3. To what extent are there specific channel effects vs. the collective impact of a communication gestalt?
Long-standing interest in the effects of media has frequently been accompanied by a fascination with the relative power of the various communication channels to achieve those effects. Agenda setting has been no exception. Once people understand the basic idea of agenda setting, they are quick to ask which medium is more powerful in setting the public agenda. In the latter half of the twentieth century, attention was directed particularly at comparisons between newspapers and television. Now the panoply of social media has been added. The best answer to this question is: ‘It depends.’ Whether all these channels speak as a chorus, with little difference among them, or whether one or two channels clearly surpass the others in impact, varies considerably from one situation to another. Even where differences do exist, most of the channels contribute to these agenda-setting effects. We swim in a vast sea of news and information, a gestalt of communication channels, where the whole is far greater than the sum of its parts.

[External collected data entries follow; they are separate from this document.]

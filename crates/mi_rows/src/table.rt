//! A table that its bytes spell: its columns and its keys beside those of its layout, and its rows.

ghost use Rattle.mi_base.specs.declared.answers.Fault.TheVariants as faults;
ghost use Rattle.std.specs.Prelude.{◌≡◌, ◌&&◌, Some, map, string_bytes};
ghost use Rattle.std.specs.Str.{bytes_eq};
ghost use Rattle.mi_idt.specs.Means.{IsSpelled, meaning, column_value};
ghost use Rattle.mi_rows.specs.Reads.{Answers, Refuses};
ghost use Rattle.mi_rows.specs.Columns.{column_as, table_as, refused};
ghost use Rattle.mi_rows.specs.Typed.{keyed};
ghost use Rattle.mi_rows.specs.Rows.{is_of_class, begins_with, key_places, has_columns, rows_in, value_fault, table_fault, table_rows};
ghost use Rattle.mi_rows.specs.Values.{KeysTell};

use crate::column::{Column, Kind, Layout};
use crate::error::{Checked, LoadError};
use crate::row::read_rows;
use crate::table_row::{Key, TableRow};
use crate::take::fourth_line;
use indexmap::IndexMap;
use mi_base::{Fault, IdtFault, Text};
use mi_idt::{Column as Spelled, IdtError, Table, read_table, unescaped_text};
use mi_text::Bytes;
use std::alloc::Global;
use std::rc::Rc;

/// Whether the letter of a definition is of the class of a kind.
fn is_of_class(kind: Kind, letter: u8) -> bool
    ensures { result ≡ is_of_class kind letter }
{
    match kind {
        Kind::Integer => matches!(letter, b'i' | b'I'),
        _ => matches!(letter, b's' | b'S' | b'l' | b'L'),
    }
}

/// Whether a column has the name and the class of a known one.
fn is_known(column: &Spelled, known: &Column) -> bool
    ensures { result ≡ (bytes_eq column.now.name.now known.now.name.now && is_of_class known.now.kind column.now.letter) }
{
    column.name == known.name && is_of_class(known.kind, column.letter)
}

/// Whether the columns begin with the known ones, in this order.
fn begins_with(known: &[Column], columns: &[Spelled]) -> bool
    ensures { result ≡ begins_with (map column_as known.now) (map column_value columns.now) }
{
    if columns.len() < known.len() {
        return false;
    }
    for (i, column) in known.iter().enumerate() {
        if !is_known(&columns[i], column) {
            return false;
        }
    }
    true
}

/// Whether the keys are the places of the key columns.
fn has_keys(known: &[Column], keys: &[u32]) -> bool
    ensures { result ≡ bytes_eq keys.now (key_places 0 (map column_as known.now)) }
{
    let mut next = 0;
    for (i, column) in known.iter().enumerate() {
        if column.key {
            if next == keys.len() || keys[next] as usize != i {
                return false;
            }
            next += 1;
        }
    }
    next == keys.len()
}

/// Whether a table has the columns and the keys of its layout.
#[tactic(auto, unfolding(mi_idt::specs::Means::meaning))]
fn has_columns(known: &[Column], table: &Table) -> bool
    ensures { result ≡ has_columns (map column_as known.now) (meaning table.now) }
{
    has_keys(known, table.keys.as_slice()) && begins_with(known, table.columns.as_slice())
}

/// A fault of the text of a table.
pub fn misspelled(alloc: Global, table: &str, why: IdtFault) -> LoadError
    ensures { Refuses result (faults.Idt table.now why) }
{
    match Text::copy_of(alloc, table) {
        Ok(table) => LoadError::Table(Fault::Idt(table, why)),
        Err(_) => LoadError::NoMemory,
    }
}

/// Reads the rows of a known table that its bytes spell into a map, or refuses with its first fault. Texts of the rows
/// that stand in `whole` where the rows do, the first from the place `line` on, are parts of it.
fn read_spelled<K: Key, R: TableRow<K>>(
    alloc: Global,
    layout: &Layout,
    whole: &Rc<String>,
    line: usize,
    table: &Table,
    rows: &mut IndexMap<K, R>,
) -> Checked
    requires is { table_as layout.now ≡ R.layout }
    requires spelled { IsSpelled table.now }
    requires apart { KeysTell K.eq K.key R.layout.columns }
    ensures { Answers ⊥ (value_fault (table_as layout.now) (meaning table.now)) (λ _. rows.new.entries ≡ keyed K.key R.value (rows_in (table_as layout.now) (meaning table.now))) result }
{
    if !has_columns(layout.columns, table) {
        let name = Text::copy_of(alloc, layout.name)?;
        return Err(LoadError::Table(Fault::Columns(name)));
    }
    *rows = read_rows(alloc, layout, whole.clone()?, line, table)?;
    Ok(())
}

/// Reads the rows of a known table in these bytes, of which `whole` is the text, into a map, or refuses with its first
/// fault.
fn read_bytes<K: Key, R: TableRow<K>>(
    alloc: Global,
    layout: &Layout,
    whole: &Rc<String>,
    bytes: &[u8],
    rows: &mut IndexMap<K, R>,
) -> Checked
    requires is { table_as layout.now ≡ R.layout }
    requires apart { KeysTell K.eq K.key R.layout.columns }
    ensures { Answers ⊥ (table_fault (table_as layout.now) (Some bytes.now)) (λ _. rows.new.entries ≡ keyed K.key R.value (table_rows (table_as layout.now) (Some bytes.now))) result }
{
    match read_table(alloc, bytes) {
        Ok(table) => read_spelled(alloc, layout, whole, fourth_line(bytes), &table, rows),
        Err(IdtError::NoMemory) => Err(LoadError::NoMemory),
        Err(IdtError::Fault(fault)) => Err(misspelled(alloc, layout.name, fault)),
    }
}

/// Whether no byte of a table's text is below 28, as each escape is, but for tabs and the ends of lines. All bytes are
/// looked at, since a loop that may end before takes longer.
fn is_plain(bytes: &[u8]) -> bool {
    let mut plain = true;
    for byte in bytes {
        plain &= *byte > 27 || matches!(*byte, b'\t' | b'\n' | b'\r');
    }
    plain
}

/// Reads the rows of a known table of this text into a map, or refuses with its first fault. What the rows keep is the
/// text itself, or where something is escaped in it, the unescaped one, in which their texts stand at the same places.
fn read_text<K: Key, R: TableRow<K>>(
    alloc: Global,
    layout: &Layout,
    text: String,
    rows: &mut IndexMap<K, R>,
) -> Checked
    requires is { table_as layout.now ≡ R.layout }
    requires apart { KeysTell K.eq K.key R.layout.columns }
    ensures { Answers ⊥ (table_fault (table_as layout.now) (Some (string_bytes text))) (λ _. rows.new.entries ≡ keyed K.key R.value (table_rows (table_as layout.now) (Some (string_bytes text)))) result }
{
    if is_plain(text.as_bytes()) {
        let whole = Rc::new(alloc, text)?;
        read_bytes(alloc, layout, &whole, whole.as_bytes(), rows)
    } else {
        let whole = Rc::new(alloc, unescaped_text(alloc, text.as_str())?)?;
        read_bytes(alloc, layout, &whole, text.as_bytes(), rows)
    }
}

/// Reads the rows of a known table in these bytes into a map, which keeps their text for the texts of the rows, or refuses
/// with its first fault. Bytes that aren't text spell no table, so nothing is kept of them.
pub fn read_shared<K: Key, R: TableRow<K>>(
    alloc: Global,
    layout: &Layout,
    bytes: Bytes,
    rows: &mut IndexMap<K, R>,
) -> Checked
    requires is { table_as layout.now ≡ R.layout }
    requires apart { KeysTell K.eq K.key R.layout.columns }
    ensures { Answers ⊥ (table_fault (table_as layout.now) (Some bytes)) (λ _. rows.new.entries ≡ keyed K.key R.value (table_rows (table_as layout.now) (Some bytes))) result }
{
    match String::from_utf8(bytes.into_vec()) {
        Ok(mut text) => {
            text.shrink_to_fit();
            read_text(alloc, layout, text, rows)
        }
        Err(error) => {
            let none = Rc::new(alloc, String::new(alloc))?;
            read_bytes(alloc, layout, &none, error.as_bytes(), rows)
        }
    }
}

/// Refuses a table that holds a row.
fn refuse_spelled(alloc: Global, name: &str, table: &Table) -> Checked
    requires spelled { IsSpelled table.now }
    ensures { Answers ⊥ (value_fault (refused name.now) (meaning table.now)) (λ _. Unit {0}) result }
{
    if table.rows.is_empty() {
        return Ok(());
    }
    let name = Text::copy_of(alloc, name)?;
    Err(LoadError::Table(Fault::Unsupported(name)))
}

/// Refuses these bytes where they hold a row, or spell no table.
pub fn refuse_bytes(alloc: Global, name: &str, bytes: &[u8]) -> Checked
    ensures { Answers ⊥ (table_fault (refused name.now) (Some bytes.now)) (λ _. Unit {0}) result }
{
    match read_table(alloc, bytes) {
        Ok(table) => refuse_spelled(alloc, name, &table),
        Err(IdtError::NoMemory) => Err(LoadError::NoMemory),
        Err(IdtError::Fault(fault)) => Err(misspelled(alloc, name, fault)),
    }
}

However, in the examination of media effects over the years, there has been a tendency to emphasize individual media more than the media collectively. This is particularly salient in the literature on media effects and political polarization, a body of work that has been studied in the agenda-setting literature under the rubric of ‘attribute agenda setting’. For instance, a study conducted in the context of the US elections of 2012 found that the affective attributes (e.g. morality, leadership, caring, intelligence, and honesty) of the candidates emphasized by a partisan channel (Fox News) produced a different agenda-setting process when compared to more neutral networks (CNN and NBC). 62This line of research confirms that people are influenced by the media they choose to use, such that polarization and the ensuing audience fragmentation does not weaken the existence of individual-level media effects.

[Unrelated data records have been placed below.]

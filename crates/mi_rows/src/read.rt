//! Judging a field by the kind of its column.

ghost use Rattle.std.specs.Prelude.{◌≡◌, None, Some};
ghost use Rattle.mi_idt.specs.Cells as raw;
ghost use Rattle.mi_idt.specs.Means.{Shows, text_shown};
ghost use Rattle.mi_rows.specs.Fields.{field_value};
ghost use Rattle.mi_rows.specs.Reads.{ReadsAs, FitsKind};
ghost use Rattle.mi_rows.specs.Texts.{place_in};
ghost use Rattle.mi_rows.specs.Typed.{some_condition_in};
ghost use Rattle.mi_rows.specs.Values.{unless, text_fault, text_value, kind_fault};

use crate::column::Kind;
use crate::field::{Bad, Field, FieldError, shown};
use crate::take::Take;
use mi_base::{Guid, is_file_name, is_file_pattern};
use mi_cond::{Cond, CondError, CondFault};

fn checked(good: bool) -> Result<Option<Cond>, FieldError>
    ensures { ReadsAs (unless good) None result }
{
    if good {
        Ok(None)
    } else {
        Err(FieldError::Bad(Bad::Value))
    }
}

fn place_in(fault: CondFault) -> u64
    ensures { result ≡ place_in fault }
{
    match fault {
        CondFault::Syntax(place) => place,
        CondFault::TooDeep(place) => place,
    }
}

/// The condition that a text is, which begins at this place of the table's text, in bytes.
fn read_condition(take: &Take, start: usize, text: &str) -> Result<Option<Cond>, FieldError>
    ensures { ReadsAs (text_fault Kind.Condition text.now) (some_condition_in (Some (text_value Kind.Condition text.now))) result }
{
    match Cond::read_part(take.alloc, &take.whole, start, text) {
        Ok(condition) => Ok(Some(condition)),
        Err(CondError::NoMemory) => Err(FieldError::NoMemory),
        Err(CondError::Fault(fault)) => Err(FieldError::Bad(Bad::Condition(place_in(fault)))),
    }
}

fn read_text(take: &Take, field: &Field, text: &str) -> Result<Option<Cond>, FieldError>
    ensures { ReadsAs (text_fault field.now.kind text.now) (some_condition_in (Some (text_value field.now.kind text.now))) result }
{
    match field.kind {
        Kind::Name => checked(is_file_name(text)),
        Kind::Pattern => checked(is_file_pattern(text)),
        Kind::Code => checked(Guid::read(text).is_ok()),
        Kind::Condition => read_condition(take, field.start, text),
        Kind::Text | Kind::Formatted | Kind::Integer => Ok(None),
    }
}

/// Why a field isn't of the kind of its column, or the condition that it is, where it is one.
pub fn read_kind(take: &Take, field: &Field, nullable: bool) -> Result<Option<Cond>, FieldError>
    ensures { (x : raw.Cell) → Shows (text_shown field.now.text.now) x → FitsKind field.now.kind x → ReadsAs (kind_fault field.now.kind nullable x) (some_condition_in (field_value field.now)) result }
{
    match shown(field) {
        Some(text) => read_text(take, field, text),
        None => checked(nullable),
    }
}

In contrast, the concept of civic osmosis emphasizes this collective role of the media. And the proliferation of new media adds a rich variety of dynamic channels to this communication gestalt. Increasingly, we swim in a sea of diversity, and we need to understand the currents in this sea, both those that enhance communication and those that pollute the sea. Above all, we need to understand the sea as a whole, how it changes and shifts over time, and how it impacts the public agenda. There is abundant empirical evidence about the absorption of news and information from this communication gestalt that dates from the earliest days of our field to the present. In the benchmark 1940 Erie County study, Paul Lazarsfeld and his colleagues found substantial overlap in people’s use of the various mass media:
People highly exposed to one medium of communication also tend to be highly exposed to other media. There are relatively few who are highly exposed to one medium and little exposed to the other. 63
Although, in response to survey questions, people can name a particular news medium as their primary source – the newspaper that they read most mornings, the radio or TV news that they tune to with some regularity – people are far from immune to the larger news environment. In the 1996 Spanish national election, there was considerable similarity between people’s level of agreement with their primary medium’s agenda in comparison to their level of agreement with the agenda of the primary medium’s principal competitor. 64For example, among voters who identified Diario de Navarra as their primary news source, the agenda-setting correlation was +0.62. Their level of agreement with the competing local newspaper was +0.57. Across eighteen comparisons, the median difference in the correlations is only 0.09.